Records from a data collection
★ ★ ★ ★ ★

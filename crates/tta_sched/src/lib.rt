//! Placement of the items of a block in cycles: each where it fits first, or one item in a cycle; and
//! how long placed blocks are at most.
#![tactic(auto)]

mod alone;
mod first;
mod laws;
mod serial;

pub use first::{Placer, place_block};
pub use laws::{first_fit_has_room, fits_after};
pub use serial::place_serial;
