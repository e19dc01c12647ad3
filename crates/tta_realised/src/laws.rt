//! Laws of the circuits of code that agrees with a program. A law is a function that does nothing, and
//! whose contract is the law.

ghost use Rattle.tta_realised.specs.Faultless.{BuiltTellsNone, CircuitTellsNone};
ghost use Rattle.tta_realised.specs.Laws.{BuiltDoes, CircuitDoes, ImageDoes};

/// The circuit of code that agrees with a program does what the program does.
pub fn circuit_does()
    ensures { CircuitDoes }
{}

/// So does the circuit whose memory of code has the bits of an image of that code.
pub fn image_does()
    ensures { ImageDoes }
{}

/// The circuit of an image that `build` wrote for a program does what the program does.
pub fn built_does()
    ensures { BuiltDoes }
{}

/// The circuit of code that agrees with a program and that would tell faults tells none.
pub fn circuit_tells_none()
    ensures { CircuitTellsNone }
{}

/// Nor does that of an image that `build` wrote for a program.
pub fn built_tells_none()
    ensures { BuiltTellsNone }
{}
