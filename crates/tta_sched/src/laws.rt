//! Laws of first fits. A law is a function that does nothing, and whose contract is the law.

ghost use Rattle.tta_sched.specs.Room.{FitsAfter, FirstFitHasRoom};

/// An item that has a slot fits in a cycle after all items that are placed.
pub fn fits_after()
    ensures { FitsAfter }
{}

/// A first fit takes few cycles.
pub fn first_fit_has_room()
    ensures { FirstFitHasRoom }
{}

★ ★ ★ ★ ★

TRY IT – Wherever a line holds the word "serial", copy that line out of the entries above.

TASK RESULT –
mod serial;
pub use serial::place_serial;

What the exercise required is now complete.